* **GIVEN RECORDS**
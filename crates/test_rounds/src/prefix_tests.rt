//! Rounds that await what stands below directories, by replies made by hand.

use crate::daemon::{Pair, Step, opened_world};
use crate::wanted::Said;
use eden_ids::GitNaming;
use eden_messages::{Cause, Outcome};
use eden_world::World;
use std::alloc::Global;
use std::test::Fail;

/// A mirror is placed at 7/3, and has some files below `d`, one beside it, and none below `e`.
const PLACED: &[Step] = &[
    Step::Begin,
    Step::Comes(
        Said::Basis(1, (7, 3), &["d.x", "d/x", "d/y"]),
        Outcome::Taken,
    ),
    Step::Comes(Said::Content(1, (7, 3), "d.x", "0"), Outcome::Taken),
    Step::Comes(Said::Content(1, (7, 3), "d/x", "1"), Outcome::Taken),
    Step::Comes(Said::Content(1, (7, 3), "d/y", "2"), Outcome::Placed),
];

/// In its second round it is told that files were moved between `d` and `e`.
const MOVED: &[Step] = &[
    Step::Begin,
    Step::Comes(Said::Moved(2, (7, 4), &["d", "e"]), Outcome::Taken),
];

/// That mirror, placed.
fn placed(alloc: Global) -> Result<Pair<World<GitNaming>>, Fail> {
    let mut pair = Pair::new(alloc, opened_world(alloc)?);
    pair.goes(PLACED)?;
    Ok(pair)
}

/// That mirror, which was told that files were moved.
fn told(alloc: Global) -> Result<Pair<World<GitNaming>>, Fail> {
    let mut pair = placed(alloc)?;
    pair.goes(MOVED)?;
    Ok(pair)
}

/// These steps happen to the mirror that is placed.
fn placed_goes(alloc: Global, steps: &[Step]) -> Result<(), Fail> {
    let mut pair = placed(alloc)?;
    pair.goes(steps)
}

/// These steps happen to the mirror that was told that files were moved.
fn told_goes(alloc: Global, steps: &[Step]) -> Result<(), Fail> {
    let mut pair = told(alloc)?;
    pair.goes(steps)
}

#[test]
fn lists_in_a_round(rt: HostRuntime) -> Result<(), Fail> {
    let steps = [
        Step::Awaits(2, &["d", "e"], &[]),
        Step::Comes(Said::Listed(2, (7, 4), "d", &[]), Outcome::Taken),
        Step::Holds(Some((7, 3)), &[("d.x", "0")]),
        Step::Awaits(2, &["e"], &[]),
        Step::Comes(
            Said::Listed(2, (7, 5), "e", &["e/x", "e/y"]),
            Outcome::Taken,
        ),
        Step::Awaits(2, &[], &["e/x", "e/y"]),
        Step::Comes(Said::Content(2, (7, 4), "e/x", "1"), Outcome::Taken),
        Step::Comes(Said::Content(2, (7, 5), "e/y", "2"), Outcome::Placed),
        Step::Holds(Some((7, 4)), &[("d.x", "0"), ("e/x", "1"), ("e/y", "2")]),
    ];
    told_goes(rt.alloc(), &steps)
}

// The last reply that is awaited is a list; and a path that is listed again is asked again.
#[test]
fn listed_again(rt: HostRuntime) -> Result<(), Fail> {
    let steps = [
        Step::Comes(Said::Listed(2, (7, 4), "d", &["d/y"]), Outcome::Taken),
        Step::Holds(Some((7, 3)), &[("d.x", "0"), ("d/y", "2")]),
        Step::Awaits(2, &["e"], &["d/y"]),
        Step::Comes(Said::Content(2, (7, 4), "d/y", "3"), Outcome::Taken),
        Step::Comes(Said::Content(2, (7, 4), "d/y", "4"), Outcome::Ignored),
        Step::Comes(Said::Listed(2, (7, 4), "e", &[]), Outcome::Placed),
        Step::Holds(Some((7, 4)), &[("d.x", "0"), ("d/y", "3")]),
    ];
    told_goes(rt.alloc(), &steps)
}

// A directory within another one: what is below both is awaited once, and again where its content has come before it is listed.
#[test]
fn a_directory_in_a_directory(rt: HostRuntime) -> Result<(), Fail> {
    let steps = [
        Step::Begin,
        Step::Comes(Said::Moved(2, (7, 4), &["a", "a/b", "d"]), Outcome::Taken),
        Step::Comes(Said::Listed(2, (7, 4), "d", &[]), Outcome::Taken),
        Step::Comes(
            Said::Listed(2, (7, 4), "a", &["a/b/x", "a/y"]),
            Outcome::Taken,
        ),
        Step::Comes(Said::Content(2, (7, 4), "a/b/x", "1"), Outcome::Taken),
        Step::Awaits(2, &["a/b"], &["a/y"]),
        Step::Comes(Said::Listed(2, (7, 4), "a/b", &["a/b/x"]), Outcome::Taken),
        Step::Awaits(2, &[], &["a/y", "a/b/x"]),
        Step::Comes(Said::Content(2, (7, 4), "a/b/x", "2"), Outcome::Taken),
        Step::Comes(Said::Content(2, (7, 4), "a/y", "3"), Outcome::Placed),
        Step::Holds(Some((7, 4)), &[("a/b/x", "2"), ("a/y", "3"), ("d.x", "0")]),
    ];
    placed_goes(rt.alloc(), &steps)
}

#[test]
fn a_list_that_is_too_large(rt: HostRuntime) -> Result<(), Fail> {
    let files = &[("d.x", "0"), ("d/x", "1"), ("d/y", "2")];
    let steps = [
        Step::Comes(Said::Refused(1, Cause::TooLarge), Outcome::Ignored),
        Step::Comes(Said::Refused(2, Cause::Truncated(9)), Outcome::Ignored),
        Step::Comes(Said::Refused(2, Cause::TooLarge), Outcome::Ended),
        Step::Asks(&[]),
        Step::Holds(Some((7, 3)), files),
        Step::Comes(Said::Listed(2, (7, 4), "d", &[]), Outcome::Ignored),
        Step::Comes(Said::Refused(2, Cause::TooLarge), Outcome::Ignored),
        Step::Holds(Some((7, 3)), files),
    ];
    told_goes(rt.alloc(), &steps)
}

// Once the directories are listed, such a refusal answers nothing that is awaited.
#[test]
fn too_large_after_the_lists(rt: HostRuntime) -> Result<(), Fail> {
    let steps = [
        Step::Comes(Said::Listed(2, (7, 4), "d", &[]), Outcome::Taken),
        Step::Comes(Said::Listed(2, (7, 4), "e", &["e/x"]), Outcome::Taken),
        Step::Comes(Said::Refused(2, Cause::TooLarge), Outcome::Ignored),
        Step::Comes(Said::Content(2, (7, 4), "e/x", "1"), Outcome::Placed),
        Step::Holds(Some((7, 4)), &[("d.x", "0"), ("e/x", "1")]),
    ];
    told_goes(rt.alloc(), &steps)
}

// A round that is begun anew ignores the lists of the one before.
#[test]
fn given_up_with_a_list_outstanding(rt: HostRuntime) -> Result<(), Fail> {
    let steps = [
        Step::Comes(Said::Listed(2, (7, 4), "d", &[]), Outcome::Taken),
        Step::Begin,
        Step::Comes(Said::Listed(2, (7, 4), "e", &["e/x"]), Outcome::Ignored),
        Step::Comes(Said::Moved(3, (7, 5), &["d", "e"]), Outcome::Taken),
        Step::Comes(Said::Listed(3, (7, 5), "e", &[]), Outcome::Taken),
        Step::Comes(Said::Listed(3, (7, 5), "d", &[]), Outcome::Placed),
        Step::Holds(Some((7, 5)), &[("d.x", "0")]),
    ];
    told_goes(rt.alloc(), &steps)
}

* **ASSIGNMENT**
Whenever a line of the data includes "Refused", copy that line.

* **RESPONSE AREA**
        Step::Comes(Said::Refused(1, Cause::TooLarge), Outcome::Ignored),
        Step::Comes(Said::Refused(2, Cause::Truncated(9)), Outcome::Ignored),
        Step::Comes(Said::Refused(2, Cause::TooLarge), Outcome::Ended),
        Step::Comes(Said::Refused(2, Cause::TooLarge), Outcome::Ignored),
        Step::Comes(Said::Refused(2, Cause::TooLarge), Outcome::Ignored),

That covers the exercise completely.